## [EXERCISE]
Down to the final line, return the records unchanged.

(Saved entries)
============================================================

//! Readers that are read up to a limit, and how they fail.

use ringcheck_files::*;
use std::alloc::AllocError;
use std::io::{Error, ErrorKind, Read, Result as IoResult};
use std::test::Fail;

/// A reader that gives two bytes, and then fails.
#[derive(Drop)]
struct Failing {
    calls: u64,
}

impl Read for Failing {
    fn read(&mut self, buf: &mut [u8]) -> IoResult<usize> {
        self.calls = self.calls.saturating_add(1);
        if self.calls > 1 || buf.len() < 2 {
            return Err(Error::from(ErrorKind::Other));
        }
        buf[0] = b'a';
        buf[1] = b'b';
        Ok(2)
    }
}

/// A reader that is interrupted at each call.
#[derive(Drop)]
struct Interrupted {
    calls: u64,
}

impl Read for Interrupted {
    fn read(&mut self, _buf: &mut [u8]) -> IoResult<usize> {
        self.calls = self.calls.saturating_add(1);
        Err(Error::from(ErrorKind::Interrupted))
    }
}

/// A reader that gives byte after byte, and is interrupted before each of them.
#[derive(Drop)]
struct Hesitant<'a> {
    bytes: &'a [u8],
    gives: bool,
}

impl Read for Hesitant<'_> {
    fn read(&mut self, buf: &mut [u8]) -> IoResult<usize> {
        self.gives = !self.gives;
        if self.gives {
            return Err(Error::from(ErrorKind::Interrupted));
        }
        let Some((first, rest)) = self.bytes.split_first() else {
            return Ok(0);
        };
        if buf.is_empty() {
            return Ok(0);
        }
        buf[0] = *first;
        self.bytes = rest;
        Ok(1)
    }
}

/// A reader that gives one byte at each call, for ever.
#[derive(Drop)]
struct Endless {
    calls: u64,
}

impl Read for Endless {
    fn read(&mut self, buf: &mut [u8]) -> IoResult<usize> {
        self.calls = self.calls.saturating_add(1);
        if buf.is_empty() {
            return Ok(0);
        }
        buf[0] = b'z';
        Ok(1)
    }
}

/// Whether a reader's bytes, read up to a limit, are just these.
fn reads<R: Read>(rt: HostRuntime, reader: &mut R, limit: u64, bytes: &[u8]) -> bool {
    limit <= MAX_LIMIT
        && matches!(read_all(rt.alloc(), reader, limit), Ok(all) if all.as_slice() == bytes)
}

/// The failure of reading a reader up to a limit.
fn failure<R: Read>(rt: HostRuntime, reader: &mut R, limit: u64) -> Option<ReadFail> {
    if limit > MAX_LIMIT {
        return None;
    }
    read_all(rt.alloc(), reader, limit).err()
}

/// A text, and a limit that it is within.
const WITHIN: [(&str, u64); 3] = [("abcd", 4), ("abcd", MAX_LIMIT), ("", 0)];

#[test]
fn bytes_within_the_limit_are_read(rt: HostRuntime) {
    for &(text, limit) in &WITHIN {
        let mut reader = text.as_bytes();
        assert!(rt;
            reads(rt, &mut reader, limit, text.as_bytes()),
            "of {limit}"
        );
    }
}

#[test]
fn a_reader_may_be_interrupted(rt: HostRuntime) {
    let mut hesitant = Hesitant {
        bytes: b"abcd",
        gives: false,
    };
    assert!(rt; reads(rt, &mut hesitant, 4, b"abcd"));
}

/// A text, and a limit that it is above.
const ABOVE: [(&str, u64); 2] = [("abcd", 3), ("a", 0)];

#[test]
fn bytes_above_the_limit_are_too_long(rt: HostRuntime) {
    for &(text, limit) in &ABOVE {
        let mut reader = text.as_bytes();
        assert!(rt;
            failure(rt, &mut reader, limit) == Some(ReadFail::TooLong),
            "of {limit}"
        );
    }
}

#[test]
fn an_endless_reader_is_left_above_the_limit(rt: HostRuntime) {
    let mut endless = Endless { calls: 0 };
    let failed = failure(rt, &mut endless, 1000);
    assert!(rt; failed == Some(ReadFail::TooLong) && endless.calls == 1001);
}

/// Whether bytes are read up to their number, and are too long for a limit below it.
fn are_many_read(rt: HostRuntime, bytes: &[u8]) -> bool {
    let mut reader: &[u8] = bytes;
    let is_read = reads(rt, &mut reader, 300_000, bytes);
    let mut reader: &[u8] = bytes;
    is_read && failure(rt, &mut reader, 299_999) == Some(ReadFail::TooLong)
}

#[test]
fn many_blocks_are_read(rt: HostRuntime) -> Result<(), Fail> {
    let text = "0123456789".repeat(rt.alloc(), 30_000)?;
    assert!(rt; are_many_read(rt, text.as_bytes()));
    Ok(())
}

#[test]
fn a_read_that_fails_is_told(rt: HostRuntime) {
    let mut failing = Failing { calls: 0 };
    let failed = failure(rt, &mut failing, 4);
    assert!(rt; failed == Some(ReadFail::ReadFault) && failing.calls == 2);
}

/// A limit, and how often a reader is called that is interrupted each time: at most so often in a row, whatever the limit.
const CALLS: [(u64, u64); 3] = [(0, 65_536), (1000, 65_536), (268_435_456, 65_536)];

#[test]
fn reads_are_called_no_more_than_so_often(rt: HostRuntime) {
    for &(limit, calls) in &CALLS {
        let mut interrupted = Interrupted { calls: 0 };
        let failed = failure(rt, &mut interrupted, limit);
        assert!(rt;
            failed == Some(ReadFail::ReadFault) && interrupted.calls == calls,
            "of {limit}"
        );
    }
}

/// A sink that counts the pieces that it takes, and their bytes.
#[derive(Drop)]
struct Counts {
    pieces: usize,
    bytes: usize,
}

impl Sink for Counts {
    ghost has_taken = { λ start now text. Unit {0} };

    fn take(&mut self, piece: &[u8]) -> Result<(), AllocError> {
        self.pieces = self.pieces.saturating_add(1);
        self.bytes = self.bytes.saturating_add(piece.len());
        Ok(())
    }
}

/// How many pieces and bytes of a reader are handed on, and how that failed, if it did.
fn handed<R: Read>(
    rt: HostRuntime,
    reader: &mut R,
    limit: u64,
) -> (usize, usize, Option<ReadFail>) {
    let mut counts = Counts {
        pieces: 0,
        bytes: 0,
    };
    if limit > MAX_LIMIT {
        return (0, 0, None);
    }
    let failed = read_into(rt.alloc(), reader, limit, &mut counts).err();
    (counts.pieces, counts.bytes, failed)
}

#[test]
fn bytes_are_handed_on_as_they_are_read(rt: HostRuntime) {
    let mut hesitant = Hesitant {
        bytes: b"abcd",
        gives: false,
    };
    assert!(rt; handed(rt, &mut hesitant, 4) == (4, 4, None));
    let mut failing = Failing { calls: 0 };
    let fault = Some(ReadFail::ReadFault);
    assert!(rt; handed(rt, &mut failing, 4) == (1, 2, fault));
}

#[test]
fn bytes_above_the_limit_are_not_handed_on(rt: HostRuntime) {
    let too_long = Some(ReadFail::TooLong);
    let mut endless = Endless { calls: 0 };
    assert!(rt; handed(rt, &mut endless, 1000) == (1000, 1000, too_long));
    let mut whole: &[u8] = b"abcd";
    assert!(rt; handed(rt, &mut whole, 3) == (0, 0, too_long));
}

============================================================

## [WRITTEN RESPONSE]
//! Readers that are read up to a limit, and how they fail.

use ringcheck_files::*;
use std::alloc::AllocError;
use std::io::{Error, ErrorKind, Read, Result as IoResult};
use std::test::Fail;

/// A reader that gives two bytes, and then fails.
#[derive(Drop)]
struct Failing {
    calls: u64,
}

impl Read for Failing {
    fn read(&mut self, buf: &mut [u8]) -> IoResult<usize> {
        self.calls = self.calls.saturating_add(1);
        if self.calls > 1 || buf.len() < 2 {
            return Err(Error::from(ErrorKind::Other));
        }
        buf[0] = b'a';
        buf[1] = b'b';
        Ok(2)
    }
}

/// A reader that is interrupted at each call.
#[derive(Drop)]
struct Interrupted {
    calls: u64,
}

impl Read for Interrupted {
    fn read(&mut self, _buf: &mut [u8]) -> IoResult<usize> {
        self.calls = self.calls.saturating_add(1);
        Err(Error::from(ErrorKind::Interrupted))
    }
}

/// A reader that gives byte after byte, and is interrupted before each of them.
#[derive(Drop)]
struct Hesitant<'a> {
    bytes: &'a [u8],
    gives: bool,
}

impl Read for Hesitant<'_> {
    fn read(&mut self, buf: &mut [u8]) -> IoResult<usize> {
        self.gives = !self.gives;
        if self.gives {
            return Err(Error::from(ErrorKind::Interrupted));
        }
        let Some((first, rest)) = self.bytes.split_first() else {
            return Ok(0);
        };
        if buf.is_empty() {
            return Ok(0);
        }
        buf[0] = *first;
        self.bytes = rest;
        Ok(1)
    }
}

/// A reader that gives one byte at each call, for ever.
#[derive(Drop)]
struct Endless {
    calls: u64,
}

impl Read for Endless {
    fn read(&mut self, buf: &mut [u8]) -> IoResult<usize> {
        self.calls = self.calls.saturating_add(1);
        if buf.is_empty() {
            return Ok(0);
        }
        buf[0] = b'z';
        Ok(1)
    }
}

/// Whether a reader's bytes, read up to a limit, are just these.
fn reads<R: Read>(rt: HostRuntime, reader: &mut R, limit: u64, bytes: &[u8]) -> bool {
    limit <= MAX_LIMIT
        && matches!(read_all(rt.alloc(), reader, limit), Ok(all) if all.as_slice() == bytes)
}

/// The failure of reading a reader up to a limit.
fn failure<R: Read>(rt: HostRuntime, reader: &mut R, limit: u64) -> Option<ReadFail> {
    if limit > MAX_LIMIT {
        return None;
    }
    read_all(rt.alloc(), reader, limit).err()
}

/// A text, and a limit that it is within.
const WITHIN: [(&str, u64); 3] = [("abcd", 4), ("abcd", MAX_LIMIT), ("", 0)];

#[test]
fn bytes_within_the_limit_are_read(rt: HostRuntime) {
    for &(text, limit) in &WITHIN {
        let mut reader = text.as_bytes();
        assert!(rt;
            reads(rt, &mut reader, limit, text.as_bytes()),
            "of {limit}"
        );
    }
}

#[test]
fn a_reader_may_be_interrupted(rt: HostRuntime) {
    let mut hesitant = Hesitant {
        bytes: b"abcd",
        gives: false,
    };
    assert!(rt; reads(rt, &mut hesitant, 4, b"abcd"));
}

/// A text, and a limit that it is above.
const ABOVE: [(&str, u64); 2] = [("abcd", 3), ("a", 0)];

#[test]
fn bytes_above_the_limit_are_too_long(rt: HostRuntime) {
    for &(text, limit) in &ABOVE {
        let mut reader = text.as_bytes();
        assert!(rt;
            failure(rt, &mut reader, limit) == Some(ReadFail::TooLong),
            "of {limit}"
        );
    }
}

#[test]
fn an_endless_reader_is_left_above_the_limit(rt: HostRuntime) {
    let mut endless = Endless { calls: 0 };
    let failed = failure(rt, &mut endless, 1000);
    assert!(rt; failed == Some(ReadFail::TooLong) && endless.calls == 1001);
}

/// Whether bytes are read up to their number, and are too long for a limit below it.
fn are_many_read(rt: HostRuntime, bytes: &[u8]) -> bool {
    let mut reader: &[u8] = bytes;
    let is_read = reads(rt, &mut reader, 300_000, bytes);
    let mut reader: &[u8] = bytes;
    is_read && failure(rt, &mut reader, 299_999) == Some(ReadFail::TooLong)
}

#[test]
fn many_blocks_are_read(rt: HostRuntime) -> Result<(), Fail> {
    let text = "0123456789".repeat(rt.alloc(), 30_000)?;
    assert!(rt; are_many_read(rt, text.as_bytes()));
    Ok(())
}

#[test]
fn a_read_that_fails_is_told(rt: HostRuntime) {
    let mut failing = Failing { calls: 0 };
    let failed = failure(rt, &mut failing, 4);
    assert!(rt; failed == Some(ReadFail::ReadFault) && failing.calls == 2);
}

/// A limit, and how often a reader is called that is interrupted each time: at most so often in a row, whatever the limit.
const CALLS: [(u64, u64); 3] = [(0, 65_536), (1000, 65_536), (268_435_456, 65_536)];

#[test]
fn reads_are_called_no_more_than_so_often(rt: HostRuntime) {
    for &(limit, calls) in &CALLS {
        let mut interrupted = Interrupted { calls: 0 };
        let failed = failure(rt, &mut interrupted, limit);
        assert!(rt;
            failed == Some(ReadFail::ReadFault) && interrupted.calls == calls,
            "of {limit}"
        );
    }
}

/// A sink that counts the pieces that it takes, and their bytes.
#[derive(Drop)]
struct Counts {
    pieces: usize,
    bytes: usize,
}

impl Sink for Counts {
    ghost has_taken = { λ start now text. Unit {0} };

    fn take(&mut self, piece: &[u8]) -> Result<(), AllocError> {
        self.pieces = self.pieces.saturating_add(1);
        self.bytes = self.bytes.saturating_add(piece.len());
        Ok(())
    }
}

/// How many pieces and bytes of a reader are handed on, and how that failed, if it did.
fn handed<R: Read>(
    rt: HostRuntime,
    reader: &mut R,
    limit: u64,
) -> (usize, usize, Option<ReadFail>) {
    let mut counts = Counts {
        pieces: 0,
        bytes: 0,
    };
    if limit > MAX_LIMIT {
        return (0, 0, None);
    }
    let failed = read_into(rt.alloc(), reader, limit, &mut counts).err();
    (counts.pieces, counts.bytes, failed)
}

#[test]
fn bytes_are_handed_on_as_they_are_read(rt: HostRuntime) {
    let mut hesitant = Hesitant {
        bytes: b"abcd",
        gives: false,
    };
    assert!(rt; handed(rt, &mut hesitant, 4) == (4, 4, None));
    let mut failing = Failing { calls: 0 };
    let fault = Some(ReadFail::ReadFault);
    assert!(rt; handed(rt, &mut failing, 4) == (1, 2, fault));
}

#[test]
fn bytes_above_the_limit_are_not_handed_on(rt: HostRuntime) {
    let too_long = Some(ReadFail::TooLong);
    let mut endless = Endless { calls: 0 };
    assert!(rt; handed(rt, &mut endless, 1000) == (1000, 1000, too_long));
    let mut whole: &[u8] = b"abcd";
    assert!(rt; handed(rt, &mut whole, 3) == (0, 0, too_long));
}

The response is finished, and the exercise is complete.